CAVA is released under MIT licence (see the LICENCE file).
This version of CAVA includes the following changes (aside from bug fixes, especially for edge cases where multiple interpretations could apply)
- support refseq transcripts in addition to ensembl
- include new tags: CAVA_HGVSG, CAVA_HGVSC, CAVA_HGVSP to represent the current full HGVS nomenclature (G=Genomics, C=CDNA,P=Protein) for the HGVSC and HGVSP. We do not support the genomic tandem repeats for HGVSG nor imperfect repeats. These fields must be URL-decode (uudecode) because they include ';' encoded as %3B (';' is not a legal character in the VCF INFO field). -- This requires the addition of a files to support the protein information. Catalogs prior to version 2.03 will not be compatible because of that additional file.
- Include support for selenocysteine genes and alternate stop codon. Usually this is a conservative interpretation, often resulting in p.? when a novel stop codon might be discovered.
- Support for MANE transcripts (including transcripts with UTR's of length 0 which are part of MANE 1.0)
- Includes a lot of unit test for edge cases.
- Known Limitations: -- large variants with coordinates outside transcript(we have partial support for those). -- Novel Start Gain in 5'UTR are not reported (the impact of those putative changes is hard to predict. -- The %3B splitting may be hard when a variant has repeats and multiple transcripts.

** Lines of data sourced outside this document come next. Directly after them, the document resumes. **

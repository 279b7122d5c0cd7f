//! From a lockfile to the values of its table.

ghost use Rattle.std.specs.Prelude.{◌≡◌, IfOk, IsOkUnless, map, option_map};
ghost use Rattle.cargo_lock_parts.specs.declared.error.Error.TheVariants.{Memory};
ghost use Rattle.cargo_lock_parts.specs.Checksum.{digest_of};
ghost use Rattle.cargo_lock_parts.specs.Identity.{identity_of};
ghost use Rattle.cargo_lock_references.specs.WrittenReference.{written_reference, in_full, shorten};
ghost use Rattle.cargo_lock_references.specs.Records.{is_escaped};
ghost use Rattle.cargo_lock_encoding.specs.Table.{encoded_of, encoded_package_of, encoded_root};
ghost use Rattle.cargo_lock_encoding.specs.Table.{written_checksum, written_version};

use crate::values::{EncodableLockfile, LockfileRef};
use cargo_lock_parts::dependency::Dependency;
use cargo_lock_parts::error::Result;
use cargo_lock_parts::package::{Checksum, Package};
use cargo_lock_references::borrowed::{is_escaped, written_source};
use cargo_lock_references::index::Indexed;
use cargo_lock_references::version::ResolveVersion;
use cargo_lock_references::written_metadata::metadata_of;
use cargo_lock_references::{EncodableDependencyRef, EncodablePackage, EncodablePackageRef};
use std::alloc::{AllocError, Global};

impl LockfileRef<'_> {
    /// The values of the lockfile's table, in the lockfile's format. The references of its packages
    /// are without the parts that are redundant among the packages, except in V1. The references of
    /// the root and all replacements are in full. The one error is `Memory`.
    #[tactic(auto, unfolding(crate::specs::Table::encoded_of))]
    pub fn to_encodable(&self, alloc: Global) -> Result<EncodableLockfile>
        ensures ok { IfOk result (λ e. e ≡ encoded_of self.now) }
        ensures err { IsOkUnless result Memory }
    {
        let format = self.version;
        Ok(EncodableLockfile {
            version: written_version(format),
            package: all_encoded_packages(alloc, format, self.packages)?,
            root: root_of(alloc, format, self.root)?,
            metadata: metadata_of(alloc, format, self.metadata, self.packages)?,
            patch: self.patch.clone()?,
        })
    }
}

// The number that is written: from V3 on.
pub(crate) fn written_version(format: ResolveVersion) -> Option<i64>
    ensures { result ≡ written_version format }
{
    match format {
        ResolveVersion::V1 | ResolveVersion::V2 => None,
        ResolveVersion::V3 => Some(3),
        ResolveVersion::V4 => Some(4),
    }
}

// ---- packages

// The packages of a lockfile, as they are written. Their references are without the parts that are
// redundant among the packages, except in V1. Replacements are in full.
fn all_encoded_packages(
    alloc: Global,
    format: ResolveVersion,
    list: &[Package],
) -> Result<Vec<EncodablePackage>>
    ensures ok { IfOk result
        (λ v. v.items ≡ map (encoded_package_of format (map identity_of list.now)) list.now) }
    ensures err { IsOkUnless result Memory }
{
    let packages = Indexed::of(alloc, list)?;
    let mut listed = Vec::with_capacity(alloc, list.len())?;
    for package in list {
        let encoded = encoded_package_of(alloc, format, &packages, package)?;
        listed.push(encoded.to_owned(alloc)?)?;
    }
    Ok(listed)
}

// A package among those of the lockfile, as it is written, with its parts borrowed.
pub(crate) fn encoded_package_of<'a>(
    alloc: Global,
    format: ResolveVersion,
    list: &Indexed<'a, Package>,
    package: &'a Package,
) -> std::result::Result<EncodablePackageRef<'a>, AllocError>
    ensures { IfOk
        result (λ e. e ≡ encoded_package_of format (map identity_of list.now) «package».now) }
{
    let dependencies = written_references(alloc, format, list, package.dependencies.as_slice())?;
    Ok(EncodablePackageRef {
        name: &package.name,
        version: &package.version,
        source: written_source(is_escaped(format), &package.source),
        checksum: written_checksum(format, &package.checksum),
        dependencies,
        replace: full_replace(format, &package.replace),
    })
}

// The root as it is written: its references are in full.
fn root_of(
    alloc: Global,
    format: ResolveVersion,
    root: &Option<Package>,
) -> Result<Option<EncodablePackage>>
    ensures ok { IfOk result (λ e. e ≡ option_map (encoded_root format) root.now) }
    ensures err { IsOkUnless result Memory }
{
    match root {
        Some(package) => {
            let encoded = encoded_root(alloc, format, package)?;
            Ok(Some(encoded.to_owned(alloc)?))
        }
        None => Ok(None),
    }
}

// The root as it is written, with its parts borrowed.
pub(crate) fn encoded_root(
    alloc: Global,
    format: ResolveVersion,
    package: &Package,
) -> std::result::Result<EncodablePackageRef<'_>, AllocError>
    ensures { IfOk result (λ e. e ≡ encoded_root format «package».now) }
{
    let dependencies = all_in_full(alloc, format, package.dependencies.as_slice())?;
    Ok(EncodablePackageRef {
        name: &package.name,
        version: &package.version,
        source: written_source(is_escaped(format), &package.source),
        checksum: package.checksum,
        dependencies,
        replace: full_replace(format, &package.replace),
    })
}

// The checksum that is written with a package. In V1 the metadata has it.
fn written_checksum(format: ResolveVersion, checksum: &Option<Checksum>) -> Option<Checksum>
    ensures { option_map digest_of result
        ≡ written_checksum format (option_map digest_of checksum.now) }
{
    match format {
        ResolveVersion::V1 => None,
        ResolveVersion::V2 | ResolveVersion::V3 | ResolveVersion::V4 => *checksum,
    }
}

// ---- references

// A dependency as it is written among these packages.
#[tactic(auto, unfolding(cargo_lock_references::specs::WrittenReference::written_reference))]
pub(crate) fn written_reference<'a>(
    format: ResolveVersion,
    list: &Indexed<'a, Package>,
    dependency: &'a Dependency,
) -> EncodableDependencyRef<'a>
    ensures { result ≡ written_reference format (map identity_of list.now) dependency.now }
{
    match format {
        ResolveVersion::V1 => EncodableDependencyRef::from_dependency(dependency, format),
        ResolveVersion::V2 | ResolveVersion::V3 | ResolveVersion::V4 => {
            shortest_reference(format, list, dependency)
        }
    }
}

// A dependency without redundant parts.
fn shortest_reference<'a>(
    format: ResolveVersion,
    list: &Indexed<'a, Package>,
    dependency: &'a Dependency,
) -> EncodableDependencyRef<'a>
    ensures { result
        ≡ shorten (map identity_of list.now) (in_full (is_escaped format) dependency.now) }
{
    let name = &dependency.name;
    let version = &dependency.version;
    if list.is_name_unique(name) {
        return EncodableDependencyRef {
            name,
            version: None,
            source: None,
        };
    }
    if list.is_version_unique(name, version) {
        return EncodableDependencyRef {
            name,
            version: Some(version),
            source: None,
        };
    }
    EncodableDependencyRef::from_dependency(dependency, format)
}

fn written_references<'a>(
    alloc: Global,
    format: ResolveVersion,
    list: &Indexed<'a, Package>,
    dependencies: &'a [Dependency],
) -> std::result::Result<Vec<EncodableDependencyRef<'a>>, AllocError>
    ensures { IfOk result
        (λ v. v.items
        ≡ map (written_reference format (map identity_of list.now)) dependencies.now) }
{
    let mut references = Vec::with_capacity(alloc, dependencies.len())?;
    for dependency in dependencies {
        references.push(written_reference(format, list, dependency))?;
    }
    Ok(references)
}

fn all_in_full(
    alloc: Global,
    format: ResolveVersion,
    dependencies: &[Dependency],
) -> std::result::Result<Vec<EncodableDependencyRef<'_>>, AllocError>
    ensures { IfOk result (λ v. v.items ≡ map (in_full (is_escaped format)) dependencies.now) }
{
    let mut references = Vec::with_capacity(alloc, dependencies.len())?;
    for dependency in dependencies {
        references.push(EncodableDependencyRef::from_dependency(dependency, format))?;
    }
    Ok(references)
}

// A replacement in full.
fn full_replace(
    format: ResolveVersion,
    replace: &Option<Dependency>,
) -> Option<EncodableDependencyRef<'_>>
    ensures { result ≡ option_map (in_full (is_escaped format)) replace.now }
{
    match replace {
        Some(replace) => Some(EncodableDependencyRef::from_dependency(replace, format)),
        None => None,
    }
}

- Optimized for speed via recoding and caching. From 20-500 times faster
- Support Selenocysteine genes in a conservative fashion. Even though we could get annotation for the location of the SECIS element from NCBI, we don't know the range of the effectiveness of the SECIS element. We know that the SECIS element no longer works at or past the original UAG Stop Codon.. so any new stop codon will be recoded as a U (selenocysteine) unless the protein becomes longer than the original one, so frameshifts or mutation/deletion of the original Stop codon will eventually find another stop codon that will not be recoded as U. 2.0.12 Changes -Bug fixes for insertions/deletions that can be normalized right at the intron/exon junction edge. Were missing SO values and were sometimes called INT. Introduced Initiator Gain (IG) (aka Start-Gain) features in 5'UTR for novel Start codons created upstream and in phase of the cannonical AUG. Annotated with CLASS=IG. Must update the impactdef tag in the config file to include an IMPACT for IG (currently IMPACT=3). Note that there is no SO equivalent for the IG tag.
- Better support for large deletions spanning intron/exon junction.